What seemed like a sure thing was instead contentious. First, the mayors of various cities contested the details of the plan: Dusseldorf, Koblenz, and Trier argued that they had better claims to a museum that would encompass Rhenish history, economy, and culture.

Second, the idea at the center of the proposal — the meaning of something called "Rhenish history" — was called into question. The millennium exhibition was carried forward by the emotions of the participants: their desire to show that the Rhine region was not just German, but a leading contributor of German culture overpowered critical judgement and historiography. Plus, the French occupation gave Rhinelanders something to thumb their noses at.

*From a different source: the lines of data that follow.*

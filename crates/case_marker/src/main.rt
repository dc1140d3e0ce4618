// Runs the marker's cases on both sides of each line through its two calls, and prints each answer: O and the number of an opening, U unmarked,
// M marked, R and the number of a refusal.
#![tactic(auto)]

use marker::{Flow, Flows};
use refusals::Refusal;
use std::{fmt, io};
use units::{Bytes, INSTANT_MOST, Instant, Marking};

// The answer to a packet, as it is printed.
#[derive(Clone, Copy)]
struct Answer(Result<Marking, Refusal>);

impl fmt::Display for Answer {
    fn fmt<W: fmt::Write>(&self, f: &mut fmt::Formatter<W>) -> fmt::Result {
        match self.0 {
            Ok(Marking::Unmarked) => write!(f, "U"),
            Ok(Marking::Marked) => write!(f, "M"),
            Err(refusal) => write!(f, "R {}", u8::from(refusal)),
        }
    }
}

// A packet: its flow, its length and its instant.
type Packet = (u32, Bytes, Instant);

fn flow(rate: u32, depth: u32) -> Flow {
    Flow { rate, depth }
}

// So many of these two flows, the second as often as it takes.
fn flows(count: u32, first: Flow, second: Flow) -> Flows {
    Flows {
        count,
        each: [
            first, second, second, second, second, second, second, second,
        ],
    }
}

// These packets on a marker with these flows.
fn play(rt: &impl Print, asked: Flows, packets: &[Packet]) -> io::Result<()> {
    let mut marker = marker::empty();
    match marker::open(asked, &mut marker) {
        Ok(()) => println!(rt; "O 0")?,
        Err(refusal) => println!(rt; "O {}", u8::from(refusal))?,
    }
    for (flow, length, at) in packets {
        let answer = marker::mark(*flow, *length, *at, &mut marker);
        println!(rt; "{}", Answer(answer))?;
    }
    Ok(())
}

// All of flow 0, then a byte: before any flowed in, a millionth short of a byte, and at just a byte.
const EXACT: [Packet; 5] = [
    (0, Bytes(100), Instant(0)),
    (0, Bytes(1), Instant(1)),
    (0, Bytes(1), Instant(2)),
    (0, Bytes(1), Instant(999_999)),
    (0, Bytes(1), Instant(1_000_000)),
];

// The longest packet, again after the longest span, and a byte more.
const SPAN: [Packet; 3] = [
    (0, Bytes(2_048), Instant(0)),
    (0, Bytes(2_048), Instant(INSTANT_MOST)),
    (0, Bytes(1), Instant(INSTANT_MOST)),
];

// Longer than the depth of 1, at it, and once more.
const DEPTH: [Packet; 3] = [
    (0, Bytes(2), Instant(0)),
    (0, Bytes(1), Instant(0)),
    (0, Bytes(1), Instant(0)),
];

// A packet at 10; 51 though the length and the instant are wrong too; 1 though the instant is; 1 though it is before the clock; 2; 3; and the
// whole depth of flow 0, which none of them took from.
const REFUSED: [Packet; 7] = [
    (1, Bytes(1), Instant(10)),
    (2, Bytes(0), Instant(INSTANT_MOST + 1)),
    (0, Bytes(0), Instant(INSTANT_MOST + 1)),
    (0, Bytes(2_049), Instant(9)),
    (0, Bytes(100), Instant(INSTANT_MOST + 1)),
    (0, Bytes(100), Instant(9)),
    (0, Bytes(100), Instant(10)),
];

// What a refused opening opens: one flow with rate 1 and depth 1; with eight of the most all go through.
const LEAST: [Packet; 4] = [
    (0, Bytes(1), Instant(0)),
    (0, Bytes(1), Instant(999_999)),
    (0, Bytes(1), Instant(1_000_000)),
    (1, Bytes(1), Instant(1_000_000)),
];

fn play_limits(rt: &impl Print) -> io::Result<()> {
    let slow = flow(1, 100);
    let most = flow(10_000_000, 65_535);
    play(rt, flows(8, most, most), &LEAST)?;
    play(rt, flows(0, slow, slow), &LEAST)?;
    play(rt, flows(9, flow(0, 0), flow(0, 0)), &LEAST)?;
    play(rt, flows(2, flow(1, 0), flow(0, 1)), &LEAST)?;
    play(rt, flows(1, flow(10_000_001, 1), slow), &LEAST)?;
    play(rt, flows(2, slow, flow(1, 0)), &LEAST)?;
    play(rt, flows(1, flow(1, 65_536), slow), &LEAST)
}

fn main(rt: HostRuntime) -> io::Result<()> {
    let slow = flow(1, 100);
    play(&rt, flows(1, slow, slow), &EXACT)?;
    let slowest = flow(1, 2_048);
    play(&rt, flows(1, slowest, slowest), &SPAN)?;
    let fastest = flow(10_000_000, 2_048);
    play(&rt, flows(1, fastest, fastest), &SPAN)?;
    let least = flow(1, 1);
    play(&rt, flows(1, least, least), &DEPTH)?;
    play(&rt, flows(2, slow, slow), &REFUSED)?;
    play_limits(&rt)
}
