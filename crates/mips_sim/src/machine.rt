// The machine.

ghost use Rattle.std.specs.Prelude.{◌≡◌, ◌<◌, ◌+◌, ◌*◌, ◌^◌, ◌⊎◌, length, is_ok, None, IfOk, vec_len};
ghost use Rattle.ldb_words.specs.Word.{sign_extended};
ghost use Rattle.machine_state.specs.declared.layout.TheConstants.{MIPS};

use ldb_words::{
    Event, FaultKind, Order, Outside, WindowFault, div_checked, extend_byte, extend_half,
    product_signed, rem_checked,
};
use machine_state::{CONTEXT_WORDS, FIRST_STACK_POINTER, MIPS, Memory, Width, width_from};
use mips_isa::{Decoded, Insn, Register, Target, is_hazard};
use obj_file::Image;
use std::alloc::{AllocError, Global};
use std::marker::Model;

/// How many bytes of input a machine takes in all.
const INPUT_SIZE: usize = 0x0100_0000;

/// How many words that were fetched are kept decoded: those of 16,384 bytes of text.
const SLOTS: usize = 4096;

/// Slots for decoded words, which hold the word 0 at first.
fn decoded_zeros(alloc: Global, count: usize) -> Result<Vec<Decoded>, AllocError>
    ensures { IfOk result (λ slots. vec_len slots ≡ count) }
{
    let mut slots = Vec::with_capacity(alloc, count)?;
    for _slot in 0..count {
        slots.push(Decoded::new(0))?;
    }
    Ok(slots)
}

/// A halfword, extended by its sign to a word.
#[inline(always)]
fn extended(half: u16) -> u32
    ensures { result ≡ sign_extended 16 half }
{
    i32::from(half.cast_signed()).cast_unsigned()
}

/// An R3000 with its memory, input and output.
#[derive(Drop)]
pub struct Machine {
    registers: [u32; 32],
    hi: u32,
    lo: u32,
    pc: u32,
    next_pc: u32,
    in_slot: bool,
    loaded: u8,
    wait: u8,
    memory: Memory,
    slots: Vec<Decoded>,
    input: Vec<u8>,
    taken: usize,
    put: Option<u8>,
}

impl Model for Machine {
    ghost use Rattle.std.specs.Prelude.{◌≡◌, ◌≤◌, [], ◌∷◌, ◌^◌, drop, length, vec_len, vec_capacity};
    ghost use Rattle.machine_state.specs.State.{MachineState};
    ghost use Rattle.machine_state.specs.declared.layout.TheConstants.{MIPS};
    ghost use Rattle.std.specs.Prelude.{slice_index};

    ghost Value = { MachineState };

    ghost view = { λ m. record {
      target = MIPS;
      registers = m.registers;
      special = m.hi ∷ m.lo ∷ [];
      pc = m.pc;
      next_pc = m.next_pc;
      facts = record { in_slot = m.in_slot; loaded = m.loaded; wait = m.wait };
      memory = m.memory;
      left = drop m.taken m.input.items;
      given = vec_len m.input;
      put = m.put;
    } };

    ghost invariant = { λ m. (slice_index m.registers 0 ≡ 0) × (m.taken ≤ vec_len m.input) × (vec_len m.input ≤ 2 ^ 24) × (2 ^ 24 ≤ vec_capacity m.input) × (vec_len m.slots ≡ 4096) };
}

When Adenauer proposed making the exhibition permanent, scholars from various fields chimed in. Critic asserted that the Rhineland was not unified, had never been unified, and could not be presented by a singular institution. Proponents asserted that the decentered nature of the Rhineland does no deny it a history.

The Rhenish Museum is an example of the difficulties of inventing traditions. Eric Hobsbawm describes invented traditions as rituals that give the impression of continuity with the past. In modern times, invented traditions are abstract and ambiguous, integrating individuals into the community (especially the nation).

The Jahrtausendfeier could be described as such a practice. However, it failed when politicians and scholars attempted to turn it into an institution. The continuity of the German Rhineland was in doubt.

I will continue with this in two more parts. In the second part I will look at the Jahrtausendfeier itself. In the third part I will look at the debate in historiography.



At 4:14 PM, Anonymous Anonymous said...

Come now, you need to be more specific: all traditions are invented and therefore artificial representations of a past and/or present.